Jenkins-Agent-Protocols: JNLP4-connect, Ping (1)
Jenkins-Version: 2.289 (2)
Jenkins-Session: b4783dfa (3)
Client: 172.17.0.1 (4)
Server: 172.17.0.3 (5)
Remoting-Minimum-Version: 3.14 (6)
1 List of currently enabled TCP inbound agent protocols.
2 The current version of Jenkins.
3 The session of the current Jenkins execution. This is unrelated to web session cookies. This is changed to a new value whenever Jenkins starts. It is used in various URLs to help implement caching of static resources, and can be used by clients to tell whether Jenkins restarted.
4 The client IP address as seen from Jenkins.
5 The Jenkins controller’s IP address.
6 The minimum required version of the Remoting library for agents to connect to this Jenkins controller.

Inbound agents may instead be configured to use WebSocket transport to connect to Jenkins. In this case no extra TCP port need be enabled and no special security configuration is needed.

SSH Server

The SSH Server Plugin can be configured to open an SSH port on the Jenkins controller.

This plugin’s functionality was part of Jenkins (core) until Jenkins 2.281.

Authentication can be username/password or using public key authentication. For the latter, the public keys can be stored in Jenkins users' profiles.

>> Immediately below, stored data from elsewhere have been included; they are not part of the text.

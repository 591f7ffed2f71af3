// One reversing in the room that the listed words leave: of the inverse of a listed word, then a listed word.
ghost use Rattle.std.specs.Prelude.{◌≡◌, length};
ghost use Rattle.sets.specs.Room.{Fit, Loaded, PairAtEnds, PairReverses};

use crate::words::Span;
use areas::bytes::copy_bytes;
use engine::gap::Gap;
use engine::run::reversing;
use engine::words::invert;
use model::answers::Ending;

// Copies a listed word to the room's start and one to its end.
pub fn load_pair(listing: &[u8], room: &mut [u8], u: Span, v: Span)
    requires { Fit listing.now room.old u v }
    ensures { Loaded listing.now room.old u v room.new }
{
    copy_bytes(&listing[u.at..u.at + u.letters], room);
    let end = room.len() - v.letters;
    copy_bytes(&listing[v.at..v.at + v.letters], &mut room[end..]);
}

// Inverts the word of `left` letters at the room's start; then it and the word of `right` letters at the room's end are reversed.
pub fn reverse_pair(cells: &[u8], room: &mut [u8], left: usize, right: usize, budget: u16) -> Ending
    requires { PairAtEnds cells.now room.old left right }
    ensures length { length room.new ≡ length room.old }
    ensures reverses { PairReverses cells.now room.old left right budget room.new result }
{
    invert(&mut room[..left]);
    let end = room.len();
    reversing(
        cells,
        room,
        Gap {
            left,
            right: end - right,
        },
        budget,
    )
}
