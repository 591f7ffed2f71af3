// The set of words that comparing signed programs grows (specification 6.18), in a lent workspace.
#![tactic(auto)]

pub mod growing;
pub mod listed;
pub mod places;
pub mod room;
pub mod set;
pub mod words;
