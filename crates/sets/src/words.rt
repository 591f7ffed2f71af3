// Words in an area, one after the other, a zero byte after each; no letter's byte is zero.

// A word of the area: where it begins, and how many letters it has.
#[derive(Clone, Copy)]
pub struct Span {
    pub at: usize,
    pub letters: usize,
}
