// The pairs of a listed word with itself and with those before it.
ghost use Rattle.std.specs.Prelude.{◌≡◌, length};
ghost use Rattle.sets.specs.Growing.{Pairs, PairMeans};
ghost use Rattle.sets.specs.Places.{is_taken, chosen_of, sided, Later, PlacesMean};
ghost use Rattle.model.specs.Signed.{places_at};

use crate::growing::{Held, SetFault, take_pair};
use crate::words::Span;
use spans::ends::word_end;

// Which of the two words of a pair the later one is.
#[derive(Clone, Copy)]
pub enum Side {
    Second,
    First,
}

impl Side {
    // Whether the word that begins at a byte is taken with the later one: those before it are, and where it is first, so is it itself.
    pub fn is_taken(self, at: usize, last: usize) -> bool
        ensures { result ≡ is_taken self at last }
    {
        match self {
            Side::Second => at < last,
            Side::First => at <= last,
        }
    }
}

// Takes the pair of the later word, on its side, and another one.
pub fn take_with(
    cells: &[u8],
    area: &mut [u8],
    held: Held,
    later: Span,
    other: Span,
    side: Side,
    budget: u16,
) -> Result<Held, SetFault>
    requires { Pairs cells.now area.old held (chosen_of side later other) (chosen_of side other later) }
    ensures length { length area.new ≡ length area.old }
    ensures taken { PairMeans cells.now area.old held (chosen_of side later other) (chosen_of side other later) budget
        area.new result }
{
    let (u, v) = match side {
        Side::Second => (other, later),
        Side::First => (later, other),
    };
    take_pair(cells, area, held, u, v, budget)
}

// The later word, on its side, with each word before it, and then with itself where it is first.
pub fn take_side(
    cells: &[u8],
    area: &mut [u8],
    held: Held,
    later: Span,
    side: Side,
    budget: u16,
) -> Result<Held, SetFault>
    requires { Later cells.now area.old held later }
    ensures length { length area.new ≡ length area.old }
    ensures taken { PlacesMean (sided side) cells.now area.old held later budget area.new result }
{
    let last = later.at;
    let mut current = held;
    let mut at: usize = 0;
    while side.is_taken(at, last) {
        let end = word_end(area, at);
        let other = Span {
            at,
            letters: end - at,
        };
        current = take_with(cells, area, current, later, other, side, budget)?;
        at = end + 1;
    }
    Ok(current)
}

// All pairs of which the later word is the later one.
pub fn take_place(
    cells: &[u8],
    area: &mut [u8],
    held: Held,
    later: Span,
    budget: u16,
) -> Result<Held, SetFault>
    requires { Later cells.now area.old held later }
    ensures length { length area.new ≡ length area.old }
    ensures taken { PlacesMean places_at cells.now area.old held later budget area.new result }
{
    let next = take_side(cells, area, held, later, Side::Second, budget)?;
    take_side(cells, area, next, later, Side::First, budget)
}
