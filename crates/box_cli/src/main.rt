// The real box as a program: words on standard input, their answers on standard output.
#![tactic(auto)]

use cioq::ENTRIES;
use cli::CliError;
use fabric::Fabric;
use lend::Reserve;
use std::process::ExitCode;

// Lends memory to a box, and runs the program over it.
fn real(rt: &HostRuntime) -> Result<(), CliError> {
    let mut reserve = Reserve::new(rt.alloc(), ENTRIES)?;
    let mut fabric = Fabric::new(reserve.loan()).ok_or(CliError::TooLittleLent)?;
    cli::run(rt, "box", &mut fabric)
}

fn main(rt: HostRuntime) -> ExitCode {
    let result = real(&rt);
    cli::ended(&rt, "box", result)
}
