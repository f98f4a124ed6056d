// The names that a caller lends: which are lent whole and well formed, and which stands again.
ghost use Rattle.std.specs.Prelude.{◌≡◌, [], ◌+◌, ◌≤◌, length};
ghost use Rattle.grammar.specs.Limits.{limits};
ghost use Rattle.text.specs.Print.{name_at, gather, first_double};
ghost use Rattle.text.specs.Spelled.{spelled};
ghost use Rattle.text_write.specs.Clauses.{is_well, stops_at, Rows};

use grammar::MAX_NAMES;

// Is the name of symbol i lent whole, and well formed?
fn is_lent(bytes: &[u8], starts: &[u32], lengths: &[u32], i: usize) -> bool
    ensures { result ≡ is_well (name_at bytes.now starts.now lengths.now i) }
{
    if starts.len() <= i {
        return false;
    }
    if lengths.len() <= i {
        return false;
    }
    let a = starts[i] as usize;
    let e = a + lengths[i] as usize;
    if bytes.len() < e {
        return false;
    }
    names::is_name(&bytes[a..e])
}

// The lowest of m symbols whose name is not so, or m.
pub fn first_bad(m: usize, bytes: &[u8], starts: &[u32], lengths: &[u32]) -> usize
    ensures { result ≡ stops_at m (gather bytes.now starts.now lengths.now 0 m) }
{
    for i in 0..m {
        if !is_lent(bytes, starts, lengths, i) {
            return i;
        }
    }
    m
}

// The lowest symbol whose name an earlier one has, or how many there are: the names are planted until one stands already.
pub fn first_double(bytes: &[u8], starts: &[u32], lengths: &[u32]) -> usize
    requires { Rows bytes.now starts.now lengths.now × (length starts.now ≤ limits.max_terminals + limits.max_nonterminals) }
    ensures { result ≡ first_double [] (spelled bytes.now starts.now lengths.now) }
{
    let mut links = [0u16; 2 * MAX_NAMES];
    lexicon::plant(bytes, starts, lengths, &mut links)
}
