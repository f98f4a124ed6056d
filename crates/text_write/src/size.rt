// The length of the printed text, before a byte of it is written.
ghost use Rattle.std.specs.Prelude.{◌≡◌, map, ◌≤◌, length};
ghost use Rattle.grammar.specs.Limits.{limits};
ghost use Rattle.grammar.specs.Table.{decode};
ghost use Rattle.text.specs.Read.{symbol_of};
ghost use Rattle.text_write.specs.Length.{led_length, join_length, code_length, rules_length, text_length};
ghost use Rattle.text_write.specs.Clauses.{Known, Coded};

use grammar::NONTERMINAL_BASE;

// The symbol number of a code, where there are t terminals.
pub fn symbol(t: usize, code: u16) -> usize
    requires { (1 ≤ code) × (t ≤ limits.max_terminals) }
    ensures { result ≡ symbol_of limits t code }
{
    if code < NONTERMINAL_BASE {
        return (code - 1) as usize;
    }
    t + (code - NONTERMINAL_BASE) as usize
}

// Names of these lengths, with a byte before each.
fn led_length(lengths: &[u32]) -> usize
    requires { led_length lengths.now ≤ limits.max_text }
    ensures { result ≡ led_length lengths.now }
{
    let mut total = 0;
    for length in lengths {
        total += *length as usize + 1;
    }
    total
}

// The same with a byte between them.
fn join_length(lengths: &[u32]) -> usize
    requires { join_length lengths.now ≤ limits.max_text }
    ensures { result ≡ join_length lengths.now }
{
    match lengths {
        [] => 0,
        [first, others @ ..] => *first as usize + led_length(others),
    }
}

// The names of codes, with a byte before each.
fn codes_length(codes: &[u16], t: usize, lengths: &[u32]) -> usize
    requires { Known t (length lengths.now) codes.now
        × (led_length (map (code_length limits t lengths.now) codes.now) ≤ limits.max_text) }
    ensures { result ≡ led_length (map (code_length limits t lengths.now) codes.now) }
{
    let mut total = 0;
    for code in codes {
        let s = symbol(t, *code);
        total += lengths[s] as usize + 1;
    }
    total
}

// The lines of all rules.
fn rules_length(table: &[u16], t: usize, lengths: &[u32]) -> usize
    requires { Coded t (length lengths.now) table.now
        × (rules_length limits t lengths.now (decode table.now) ≤ limits.max_text) }
    ensures { result ≡ rules_length limits t lengths.now (decode table.now) }
{
    let mut total = 0;
    let mut o = 0;
    while o < table.len() {
        let s = symbol(t, table[o]);
        let k = table[o + 1] as usize;
        let a = o + 2;
        let e = a + k;
        total = total + 7 + lengths[s] as usize + codes_length(&table[a..e], t, lengths);
        o = e;
    }
    total
}

// The whole text.
pub fn text_length(table: &[u16], t: usize, lengths: &[u32]) -> usize
    requires { Coded t (length lengths.now) table.now × (t ≤ length lengths.now)
        × (text_length limits t lengths.now (decode table.now) ≤ limits.max_text) }
    ensures { result ≡ text_length limits t lengths.now (decode table.now) }
{
    let x = join_length(&lengths[..t]);
    let y = join_length(&lengths[t..]);
    25 + x + y + rules_length(table, t, lengths)
}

This SSH server does not provide a regular OS shell once logged in. Instead, it provides a shell-like interface for the Jenkins CLI.

Additionally, some plugins may provide features that require the SSH server to be enabled, like the GIT server Plugin.

This service is disabled by default.

UDP and mDNS Service Discovery

Jenkins releases 2.219 and earlier included features that allowed users to discover Jenkins on their network. These features have been removed without replacement in Jenkins 2.220 for security reasons.